I sat on the shore, facing the water that had just digested me and spat me back out. A few tears rolled down my cheeks while my mind processed the experience I'd just endured. I took some deep breaths, more consciously than ever, appreciating every molecule of air that entered my body - grateful for each breath. While unconsciously, my body worked on regulating my heart rate and neutralising the hormone imbalance.
I never leave the ocean the same person I was when I walked in. Perhaps it's a rebirth of sorts. However, this felt far more significant and poignant than ever. I allowed myself a few more moments on that beach to reflect. Everyone and everything around me was the same; nothing had changed externally, yet here I was - a fresh, new me.
As my mind and body returned to the present moment, I noticed people having fun, playing around in the white water ahead of me. I smiled gently to myself - finally accepting the unexpected gift mother nature had just given me. There was little hesitation before I decided to pick up my board and join the others.

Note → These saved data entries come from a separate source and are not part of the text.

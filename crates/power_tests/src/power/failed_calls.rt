//! Each call to the disk fails in turn or is interrupted, and writes accept fewer bytes than given.

use crate::power::disk::{Disk, Failed, Shared};
use crate::power::filed::{Due, Filed, Kept};
use crate::power::lives::{NEXT, open, replies_of, tried_states};
use crate::power::mounted::Mounted;
use crate::power::stores::{Life, first_life, second_life};
use crate::power::trouble::{Act, Trouble};
use folder_filing::FolderFiling;
use std::alloc::Global;
use std::io;
use std::io::ErrorKind;
use std::test::Fail;

/// Opens the disk's folder, and again if a call fails. Returns `None` if it is opened although a
/// call fails, or fails although none does.
fn opened(alloc: Global, disk: &Shared, kept: Kept) -> io::Result<Option<FolderFiling<Mounted>>> {
    let had_failed = disk.try_borrow()?.failed().is_some();
    let filing = open(alloc, disk, kept);
    let fails = !had_failed && disk.try_borrow()?.failed().is_some();
    match filing {
        Ok(filing) if !fails => Ok(Some(filing)),
        Err(_) if fails => Ok(Some(open(alloc, disk, kept)?)),
        _ => Ok(None),
    }
}

/// The effect of a failed call on its store.
#[derive(Clone, Copy, PartialEq, Eq)]
enum Effect {
    /// The store fails.
    Fails,
    /// The store may fail.
    MayFail,
    /// The store succeeds: the call is repeated, or what it should have removed is removed when the
    /// next draft is started.
    Nothing,
}

fn effect_of(failed: Failed, kind: ErrorKind) -> Effect {
    match failed.act {
        Act::Write if kind == ErrorKind::Interrupted => Effect::Nothing,
        Act::Remove => Effect::Nothing,
        Act::LookAtFolder => Effect::MayFail,
        _ => Effect::Fails,
    }
}

/// The result of a life: which store failed.
#[derive(Clone, Copy, PartialEq, Eq)]
enum Outcome {
    NoneFails,
    Fails(usize),
    /// The replies are not as expected.
    Undue,
}

/// Returns which store of a life failed, by its replies, if a failed call had this effect on this
/// store.
fn outcome_of(
    alloc: Global,
    life: &Life,
    replies: &[u8],
    (store, effect): (usize, Effect),
) -> io::Result<Outcome> {
    let fails = replies == life.replies(alloc, Some(store))?.as_slice();
    if fails && effect != Effect::Nothing {
        return Ok(Outcome::Fails(store));
    }
    let none_fails = replies == life.replies(alloc, None)?.as_slice();
    if none_fails && effect != Effect::Fails {
        return Ok(Outcome::NoneFails);
    }
    Ok(Outcome::Undue)
}

/// Runs a life over this filing. Returns which store failed.
fn lived(
    alloc: Global,
    disk: &Shared,
    filing: FolderFiling<Mounted>,
    life: &Life,
    kind: ErrorKind,
) -> io::Result<Outcome> {
    let had_failed = disk.try_borrow()?.failed().is_some();
    let sends = disk.try_borrow()?.sent();
    let replies = replies_of(alloc, disk, filing, life)?;
    let here = match disk.try_borrow()?.failed() {
        // The first send is the A-ASSOCIATE-AC.
        Some(failed) if !had_failed => (
            failed.sends.saturating_sub(sends).saturating_sub(1),
            effect_of(failed, kind),
        ),
        _ => (usize::MAX, Effect::Nothing),
    };
    outcome_of(alloc, life, replies.as_slice(), here)
}

/// Adds the expected files of a life, without that of the store that failed.
fn add_due<'a>(due: &mut Vec<Due<'a>>, life: &'a Life, outcome: Outcome) -> io::Result<()> {
    for (at, store) in life.stores.iter().enumerate() {
        if !store.file.is_empty() {
            let must = outcome != Outcome::Fails(at);
            due.push(Due {
                file: store.file.as_slice(),
                must,
                may: must,
            })?;
        }
    }
    Ok(())
}

/// Returns whether a disk has the expected files, and still has them after a loss of power, when
/// the file that failed may exist.
fn has_due(alloc: Global, disk: &Disk, kept: Kept, due: &mut Vec<Due>) -> io::Result<bool> {
    let is_remaining = disk.has_draft()?;
    let may_be_remaining = matches!(disk.failed(), Some(failed) if failed.act.may_leave_draft());
    let filed = Filed::of(alloc, disk, kept)?;
    if !filed.is_due(disk, due.as_slice())? || is_remaining && !may_be_remaining {
        return Ok(false);
    }
    for due in due.iter_mut() {
        due.may = true;
    }
    due.push(Due {
        file: NEXT,
        must: false,
        may: true,
    })?;
    Ok(tried_states(alloc, disk, kept, due.as_slice())?.is_some())
}

/// Runs both lives over a disk with this trouble. Returns whether a call failed, or `None` if
/// anything is not as expected.
fn fails(
    alloc: Global,
    lives: &[Life; 2],
    kept: Kept,
    trouble: Trouble,
    kind: ErrorKind,
) -> io::Result<Option<bool>> {
    let disk = Disk::new(alloc, trouble)?.shared()?;
    let mut due = Vec::new(alloc);
    for life in lives {
        let Some(filing) = opened(alloc, &disk, kept)? else {
            return Ok(None);
        };
        let outcome = lived(alloc, &disk, filing, life, kind)?;
        if outcome == Outcome::Undue {
            return Ok(None);
        }
        add_due(&mut due, life, outcome)?;
    }
    let disk = disk.try_borrow()?;
    if !has_due(alloc, &disk, kept, &mut due)? {
        return Ok(None);
    }
    Ok(Some(disk.failed().is_some()))
}

/// Fails each call in turn with this kind of failure. Returns the index at which no call failed any
/// more, or `None` if anything is not as expected.
fn failed_calls(
    alloc: Global,
    kept: Kept,
    kind: ErrorKind,
    has_links: bool,
) -> io::Result<Option<usize>> {
    let lives = [first_life(alloc)?, second_life(alloc)?];
    for at in 0..500usize {
        let trouble = Trouble {
            failure: Some((at, kind)),
            has_links,
            ..Trouble::NONE
        };
        match fails(alloc, &lives, kept, trouble, kind)? {
            Some(true) => {}
            Some(false) => return Ok(Some(at)),
            None => return Ok(None),
        }
    }
    Ok(None)
}

/// Returns whether each call fails as expected in turn, and there are more than 60.
fn are_failed(alloc: Global, has_links: bool) -> io::Result<bool> {
    for kind in [ErrorKind::StorageFull, ErrorKind::Interrupted] {
        for kept in [Kept::Flat, Kept::Levels] {
            if failed_calls(alloc, kept, kind, has_links)? <= Some(60) {
                return Ok(false);
            }
        }
    }
    Ok(true)
}

#[test]
fn each_call_to_a_disk_fails_in_turn(rt: HostRuntime) -> Result<(), Fail> {
    assert!(rt; are_failed(rt.alloc(), true)?);
    Ok(())
}

/// Returns whether all stores are filed if a write accepts at most this many bytes.
fn is_filed_short(alloc: Global, kept: Kept, most: usize) -> io::Result<bool> {
    let lives = [first_life(alloc)?, second_life(alloc)?];
    let trouble = Trouble {
        most,
        ..Trouble::NONE
    };
    Ok(fails(alloc, &lives, kept, trouble, ErrorKind::Other)? == Some(false))
}

#[test]
fn writes_take_fewer_bytes(rt: HostRuntime) -> Result<(), Fail> {
    for most in [1, 47, 300] {
        assert!(rt; is_filed_short(rt.alloc(), Kept::Flat, most)?);
        assert!(rt; is_filed_short(rt.alloc(), Kept::Levels, most)?);
    }
    Ok(())
}

#[test]
fn each_call_to_a_disk_without_links_fails_in_turn(rt: HostRuntime) -> Result<(), Fail> {
    assert!(rt; are_failed(rt.alloc(), false)?);
    Ok(())
}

The experience made me realise that this is why I surfed; to feel alive, to experience all of life, not just the divine, but the terrifying and challenging, too.
Now, ready and willing for every opportunity the ocean has to offer me - I continue my quest for the perfect wave. Only now, it's not merely a way to seek refuge from my own, inner turbulence, but to embrace all the lessons the ocean has yet to teach me.